「忠実によく生きる」

死んでしまえば、何もかも終わりだ。

生きる希望も、なおる希望もない。

そんな経験もして、しかしわたしは13年間の療養生活を曲がりなりにも送ることができた。

いったい、わたしのような弱虫が、どうして13年間もの長い間(しかも、その7年間はギプスに絶対安静であった)生きとおすことができたのか。それはやはり、聖書の言葉がわたしを支えていたからである。

わたしは聖書によって、自分自身の苦しみや悩みだけを見つめていた目を、隣人に移すことを学んだ。

わたしのようなつまらぬ者の言葉でも、待っている隣人がいることを知った。

死んでいくのは病人だけではない。13年間も長い間病気をしていると、見舞ってくれた人たちが急病で、交通事故で、また他の病いで、何人か死んでいくのに会った。人間の肉体は有限である。

わたしはキリストの言葉を知って以来、なおりたいという願いよりも『よく生きたい』という願いを持った。

人にも驚かれるほど明るい病人となり、わたしの病室は、サロンのように人が集まった。

北は利尻島から、南は鹿児島の指宿に至るまで、男女のペンフレンドができた。

そのほとんどが、療養者と死刑囚であった。療養者も死刑囚も、共通していることは、死と戦っていること、この世から取り残されていることであった。そんな生活の中で、わたしは人を慰めようとすることが、自分を慰める唯一の大きな力となることを知った。このわたしが、愚痴をこぼさなくなり、ただ人の苦しみを聞いてあげるだけとなった時、わたしの病室は「身の上相談所」と呼ばれるようになった。

そうなったのは、わたしの力では決してない。イエス・キリストの愛(十字架の身代わりの死)と、復活による永遠の生命の約束が、わたしを立たせてくれたのだ。

 

特にわたしを力づけてくれた聖句は、葉山教会の牧師宮崎豊文先生が贈ってくださった次の聖句である。

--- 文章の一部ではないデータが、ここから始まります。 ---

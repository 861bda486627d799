//! Consecutive marks of packed bytes, which may begin within a byte and which contracts see as a list: what bitmaps read,
//! compare, copy and combine. The public contracts that this serves are those of [`crate::Bitmap`] and
//! [`crate::MutableBitmap`], in which no byte is named.
ghost use Rattle.std.specs.Prelude.{◌≡◌, ℕ, ◌+◌, ◌*◌, ◌^◌, ◌<◌, ◌≤◌, ◌==◌, IfSome, Some, drop, length};
ghost use Rattle.std.specs.Prelude.{count_by, not, slice_get, slice_index, take, [], ◌∷◌};
ghost use Rattle.std.specs.Int.{bit_at, div_ceil};
ghost use Rattle.arrow_bitmap.specs.Marks.{block_mark, mark_at, marks};

use crate::bits::{count_clear, masked_mark_of};
use crate::blocks::block_at;
use crate::words::word_at;
use std::marker::Model;
use std::simd::prelude::*;

/// Returns eight marks of two bytes, from bit `shift` of the lower one on.
#[inline(always)]
fn between(low: u8, high: u8, shift: usize) -> u8
    requires { shift < 8 }
    ensures { (k : ℕ) → k < 8 → (bit_at result k == 1) ≡ mark_at (low ∷ high ∷ []) (shift + k) }
{
    low >> shift | high << 1 << (7 - shift)
}

/// Returns the byte at `index`, or a byte of clear marks past the end.
#[inline(always)]
fn byte_or_clear(bytes: &[u8], index: usize) -> u8
    ensures { result ≡ slice_index bytes.now index }
{
    bytes.get(index).copied().unwrap_or(0)
}

/// Returns eight marks from `place` on; marks past the bytes are clear.
#[inline(always)]
pub(crate) fn byte_at(bytes: &[u8], place: usize) -> u8
    ensures { (k : ℕ) → k < 8 → (bit_at result k == 1) ≡ mark_at bytes.now (place + k) }
{
    let low = byte_or_clear(bytes, place / 8);
    let high = byte_or_clear(bytes, place / 8 + 1);
    between(low, high, place % 8)
}

/// Consecutive marks of packed bytes.
#[derive(Drop)]
pub(crate) struct Marks<'a> {
    bytes: &'a [u8],
    start: usize,
    count: usize,
}

// Contracts see the marks. The bits before and after them belong to others, or to none.
impl<'a> Model for Marks<'a> {
    ghost use Rattle.std.specs.Prelude.{List, Bool, ◌+◌, ◌*◌, ◌^◌, ◌<◌, ◌≤◌, length};
    ghost use Rattle.arrow_bitmap.specs.Marks.{marks};

    ghost Value = { List Bool };

    ghost view = { λ m. marks m.bytes.now m.start m.count };

    ghost invariant = { λ m. (m.start + m.count ≤ 8 * length m.bytes.now) × (m.start + m.count < 2 ^ 64) };
}

#[tactic(auto, using(crate::proofs::MarkLemmas::mark_steps))]
impl<'a> Marks<'a> {
    /// Creates the `count` marks of packed bytes from mark `start` on.
    #[inline(always)]
    pub(crate) fn new(bytes: &'a [u8], start: usize, count: usize) -> Self
        requires within { start + count ≤ 8 * length bytes.now }
        requires fits { start + count < 2 ^ 64 }
        ensures { result ≡ marks bytes.entry.now start count }
    {
        Marks {
            bytes,
            start,
            count,
        }
    }

    /// Returns the same marks. A loop that writes bytes reads a local copy from registers, but what a reference points
    /// at from memory in each turn.
    #[inline(always)]
    pub(crate) fn copied(&self) -> Marks<'a>
        ensures { result ≡ self.now }
    {
        Marks {
            bytes: self.bytes,
            start: self.start,
            count: self.count,
        }
    }

    /// Returns the number of marks.
    #[inline(always)]
    pub(crate) fn len(&self) -> usize
        ensures { result ≡ length self.now }
    {
        self.count
    }

    /// Returns the `count` marks from index `first` on.
    #[inline(always)]
    pub(crate) fn range(&self, first: usize, count: usize) -> Marks<'a>
        requires { first + count ≤ length self.now }
        ensures { result ≡ take count (drop first self.now) }
    {
        Marks {
            bytes: self.bytes,
            start: self.start + first,
            count,
        }
    }

    /// Returns the mark at index `i`.
    #[inline(always)]
    pub(crate) fn get(&self, i: usize) -> bool
        requires { i < length self.now }
        ensures { slice_get self.now i ≡ Some result }
    {
        masked_mark_of(self.bytes, self.start + i)
    }

    /// Returns the eight marks from index `i` on as the bits of a byte. Bits past the last mark may be anything.
    #[inline(always)]
    pub(crate) fn byte(&self, i: usize) -> u8
        requires { i < length self.now }
        ensures { (k : ℕ) → k < 8 → i + k < length self.now → slice_get self.now (i + k) ≡ Some (bit_at result k == 1) }
    {
        byte_at(self.bytes, self.start + i)
    }

    /// Returns the 64 marks from index `i` on as the bits of a word.
    #[inline(always)]
    pub(crate) fn word(&self, i: usize) -> u64
        requires { i + 64 ≤ length self.now }
        ensures { (k : ℕ) → k < 64 → slice_get self.now (i + k) ≡ Some (bit_at result k == 1) }
    {
        word_at(self.bytes, self.start + i)
    }

    /// Returns the 512 marks from index `i` on, behind which there are more, as the bits of eight words.
    #[inline(always)]
    pub(crate) fn block(&self, i: usize) -> u64x8
        requires { i + 512 < length self.now }
        ensures { (k : ℕ) → k < 512 → slice_get self.now (i + k) ≡ Some (block_mark result k) }
    {
        let place = self.start + i;
        block_at(self.bytes, place / 8, place % 8)
    }

    /// Counts the clear marks among the `len` marks from index `first` on, if `unset` marks are clear in all. It counts
    /// these, or those outside of them, whichever are fewer.
    pub(crate) fn clear_in_range(&self, first: usize, len: usize, unset: usize) -> usize
        requires within { first + len ≤ length self.now }
        requires unset { unset ≡ count_by not self.now }
        ensures { result ≡ count_by not (take len (drop first self.now)) }
    {
        let start = self.start + first;
        let (end, past) = (start + len, self.start + self.count);
        if len < self.count / 2 {
            return count_clear(self.bytes, start, end);
        }
        unset - count_clear(self.bytes, self.start, start) - count_clear(self.bytes, end, past)
    }

    /// Returns the bytes of the marks, if these begin with a byte.
    #[inline(always)]
    pub(crate) fn bytes(&self) -> Option<&'a [u8]>
        ensures len { IfSome result (λ bytes. length bytes.now ≡ div_ceil (length self.now) 8) }
        ensures marks { IfSome result (λ bytes. marks bytes.now 0 (length self.now) ≡ self.now) }
    {
        if self.start % 8 != 0 {
            return None;
        }
        let first = self.start / 8;
        Some(&self.bytes[first..first + self.count.div_ceil(8)])
    }
}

「聖徒たちよ。主をほめ歌え。その聖なる御名に感謝せよ。まことに、御怒りはつかのま、いのちは御恵みのうちにある。夕暮れには涙が宿っても、朝明けには喜びの叫びがある。」

詩篇30:4~5(平凡な日常を切り捨てずに深く大切に生きること)三浦綾子著

 

 

私達は「人生を生きる」という大きな仕事が誰にでも与えられています。

その中でも、イエス・キリストの十字架と復活を信じて信仰生活をすることは一番大切なことです。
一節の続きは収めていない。